So this post is a little bit different. I mentioned using Henna on my hair and have yet to post about my experience. I especially want to document for myself as a reference ….and I definitely need to do it while it is fresh on my mind. I am going to start with a little background on my natural hair journey.

When I was about 5 or 6 years old, my mom started perming my hair. I can remember getting it pressed a couple of times, but mostly remember getting that burning white stuff put on my scalp. I absolutely hated it. As I got older and was going to the hair salon, I watched our stylist (and wonderful family friend) as she did my mom’s hair. I wanted to learn. I always knew that I needed to nurture my hair before it could look the way I wanted it to. With chemicals, a little extra care is needed…but all hair needs “special” care. By the 11th grade, our stylist moved to another state and I started doing my own hair. I learned quickly that cheap shampoos were no good. I had to persuade my parents that letting me spend money on decent hair products I was saving them money. ‘$60 for a hair product bundle that’d last me 3 months or so’ vs ‘$30-40 per hair salon trip.’ Of course, the product bundle won out. I loved experimenting with or without relaxers. I started blowing my hair straight and just wearing it big with a head band. My hair has been black, brown, red and blonde. All the colors in the world did not have me satisfied with my hair.

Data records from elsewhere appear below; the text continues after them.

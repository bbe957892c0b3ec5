//! Loads the files that the words name, and reads the tables.

ghost use Rattle.std.specs.Prelude.{◌≡◌, ◌<◌, ◌≤◌, ◌+◌, List, Some, Ok, Err, IfOk, IfErr, OnOk, length};
ghost use Rattle.table_csv.specs.TableFile.{table_of_bytes};
ghost use Rattle.run_plan.specs.Doing.{Went, Stopped, Refuses};
ghost use Rattle.run_plan.specs.Faults as faults;
ghost use Rattle.run_plan.specs.Given.{IsFileGiven, AreFilesGiven};
ghost use Rattle.run_plan.specs.Files.{file_read, table_read, catalogue_read};
ghost use Rattle.run_plan.specs.Naming.{counts, counts_to};
ghost use Rattle.run_plan.specs.Loaded as loaded;
ghost use Rattle.run_plan.specs.Loaded.{AddsTable};
ghost use Rattle.run_plan.specs.Prepared.{ReachedTable};
ghost use Rattle.run_base.specs.Seen.{folder_seen};
ghost use Rattle.run_plan.specs.Stage.{Before, phase_of_file};
ghost use Rattle.run_plan.specs.Steps.{ComesTo, or_fault};
ghost use Rattle.run_plan.specs.declared.status.FileOf.TheVariants as file_of;

use crate::refusing::table_status;
use crate::status::{FileOf, LimitOf, Status};
use catalogue::Catalogue;
use command_line::TableWord;
use outside::{Folder, LoadFault};
use sq_value::Table;
use std::alloc::Global;
use table_csv::read_table;

/// The most bytes that a file may have.
const MOST_BYTES: usize = 67_108_864;

// The status of a load that failed.
fn load_status(fault: LoadFault, file: FileOf) -> Status
    ensures { result ≡ loaded.load_status file fault }
{
    match fault {
        LoadFault::Absent => Status::NotFound { file },
        LoadFault::Failed => Status::Read { file },
        LoadFault::Memory => Status::Memory,
    }
}

/// Loads a file of at most 67,108,864 bytes, which isn't a key's. One more is asked for.
///
/// # Errors
/// `NotFound`, `Read`, or `Limit` of the file; or `Memory`.
pub fn load<F: Folder>(
    alloc: Global,
    folder: &mut F,
    name: &str,
    file: FileOf,
) -> Result<Vec<u8>, Status>
    requires { phase_of_file file ≡ Before }
    ensures went { IfOk result (λ bytes.
        Went (folder_seen (F.holds folder.old) (F.faults folder.old))
        (folder_seen (F.holds folder.new) (F.faults folder.new))
        (IsFileGiven name.now) (λ found. ComesTo (file_read file found) (Ok bytes.items))) }
    ensures short { IfOk result (λ bytes. length bytes.items ≤ 67108864) }
    ensures stopped { IfErr result (λ s.
        Stopped (counts_to file) (folder_seen (F.holds folder.old) (F.faults folder.old))
        (folder_seen (F.holds folder.new) (F.faults folder.new))
        (IsFileGiven name.now) (λ found. ComesTo (file_read file found) (Err s)) (λ found f. f ≡ file) s) }
{
    match folder.load(alloc, name, MOST_BYTES + 1) {
        Ok(bytes) => {
            if bytes.len() > MOST_BYTES {
                return Err(Status::Limit {
                    of: LimitOf::File { file },
                });
            }
            Ok(bytes)
        }
        Err(fault) => Err(load_status(fault, file)),
    }
}

// The table of a file's bytes. A reader of records takes 67 kB of the stack. They aren't its caller's, below whom a
// script is parsed.
#[inline(never)]
fn table_of(alloc: Global, bytes: &[u8], number: u32) -> Result<Table, Status>
    ensures ok { IfOk result (λ table. table_of_bytes bytes.now ≡ Ok table) }
    ensures refused { IfErr result (λ s.
        Refuses (counts (number + 1) 0 0)
        (ComesTo (or_fault (faults.table_status number) (table_of_bytes bytes.now)) (Err s)) s) }
{
    match read_table(alloc, bytes) {
        Ok(table) => Ok(table),
        Err(fault) => Err(table_status(number, fault)),
    }
}

// Loads and reads the table of a file.
fn load_table<F: Folder>(
    alloc: Global,
    folder: &mut F,
    name: &str,
    number: u32,
) -> Result<Table, Status>
    ensures went { IfOk result (λ table.
        Went (folder_seen (F.holds folder.old) (F.faults folder.old))
        (folder_seen (F.holds folder.new) (F.faults folder.new))
        (IsFileGiven name.now) (λ found. ComesTo (table_read number found) (Ok table))) }
    ensures stopped { IfErr result (λ s.
        Stopped (counts (number + 1) 0 0) (folder_seen (F.holds folder.old) (F.faults folder.old))
        (folder_seen (F.holds folder.new) (F.faults folder.new))
        (IsFileGiven name.now) (λ found. ComesTo (table_read number found) (Err s))
        (λ found f. f ≡ file_of.Table number) s) }
{
    let bytes = load(alloc, folder, name, FileOf::Table(number))?;
    table_of(alloc, bytes.as_slice(), number)
}

// Puts the table of a word behind the others. The names differ, so only memory may be wanting there.
fn push_table<F: Folder>(
    alloc: Global,
    folder: &mut F,
    word: &TableWord,
    number: u32,
    catalogue: &mut Catalogue,
) -> Result<(), Status>
    requires { length catalogue.old.tables < 4294967295 }
    ensures added { OnOk result
        (AddsTable (folder_seen (F.holds folder.old) (F.faults folder.old))
        (folder_seen (F.holds folder.new) (F.faults folder.new))
        number word.now catalogue.old catalogue.new) }
    ensures stopped { IfErr result (λ s.
        Stopped (counts (number + 1) 0 0) (folder_seen (F.holds folder.old) (F.faults folder.old))
        (folder_seen (F.holds folder.new) (F.faults folder.new))
        (IsFileGiven word.now.file) (λ found. ComesTo (table_read number found) (Err s))
        (λ found f. f ≡ file_of.Table number) s) }
{
    let table = load_table(alloc, folder, word.file.as_str(), number)?;
    match catalogue.add(word.name.as_str(), table) {
        Ok(_) => Ok(()),
        Err(_) => Err(Status::Memory),
    }
}

/// Loads and reads the tables of the words, in order, up to the first refusal.
///
/// # Errors
/// `NotFound`, `Read`, `BadTable`, or `Limit` of a table or its file; or `Memory`.
pub fn load_tables<F: Folder>(
    alloc: Global,
    folder: &mut F,
    words: &[TableWord],
) -> Result<Catalogue, Status>
    requires { length words.now ≤ 16 }
    ensures went { IfOk result (λ catalogue.
        Went (folder_seen (F.holds folder.old) (F.faults folder.old))
        (folder_seen (F.holds folder.new) (F.faults folder.new))
        (AreFilesGiven words.now) (λ founds. ComesTo (catalogue_read founds words.now) (Ok catalogue))) }
    ensures count { IfOk result (λ catalogue. length catalogue.tables ≡ length words.now) }
    ensures stopped { IfErr result (λ s.
        Stopped (counts (length words.now) 0 0) (folder_seen (F.holds folder.old) (F.faults folder.old))
        (folder_seen (F.holds folder.new) (F.faults folder.new))
        (AreFilesGiven words.now) (λ founds. ComesTo (catalogue_read founds words.now) (Err s)) ReachedTable s) }
{
    let mut catalogue = Catalogue::new(alloc);
    for (index, word) in words.iter().enumerate() {
        push_table(alloc, folder, word, index as u32, &mut catalogue)?;
    }
    Ok(catalogue)
}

When I was pregnant with my daughter in 2007, I had not had a perm in about 2 months. I decided, no more chemicals. I continued to flat-iron, blow dry and roller set my hair if I was tired of twisting it. I started transitioning using the Organix shampoos and conditioners and using Elasta QP Mango Butter, Olive Oil, and Cantu Shea Butter leave-in to twist my hair. I flat-ironed my hair sometimes and had micro braids and twists. It was not until November 2011 that I was finally and completely free. I let my guy cut off the final permed ends. At first I did not want to because I did not know what to do with such short hair. I had at least 3 inches of length, so I kept doing the twist outs. They just got easier and easier and I started seeing how coily my hair was…and I fell in love. I have major scalp issues (seborrhoeic dermatitis) and since I have not used perms, I do not have that problem any more. Goodbye sore, raw scalp….good bye flaky forehead…I absolutely am happy I made this choice.  Here are a few photos of my hair this year before my Henna experience:

Beginning with Henna

Normally, I would dye my hair with a permanent box color, but I wanted to stay completely natural not risk causing any damage to my hair or causing a change of my texture or curl pattern. I finally know what products I can and cannot use, so I just did not want to risk all of that just for color. That is when I started looking into the Henna process. I wanted my hair to be all one color and dark- as close to black as possible. All of the information that I found to help me in the process came from these 3 sites:

  • – They have so many great articles here for beginner and this is also where I ordered the Moroccan henna powder, Indigo powder, and Amla powder.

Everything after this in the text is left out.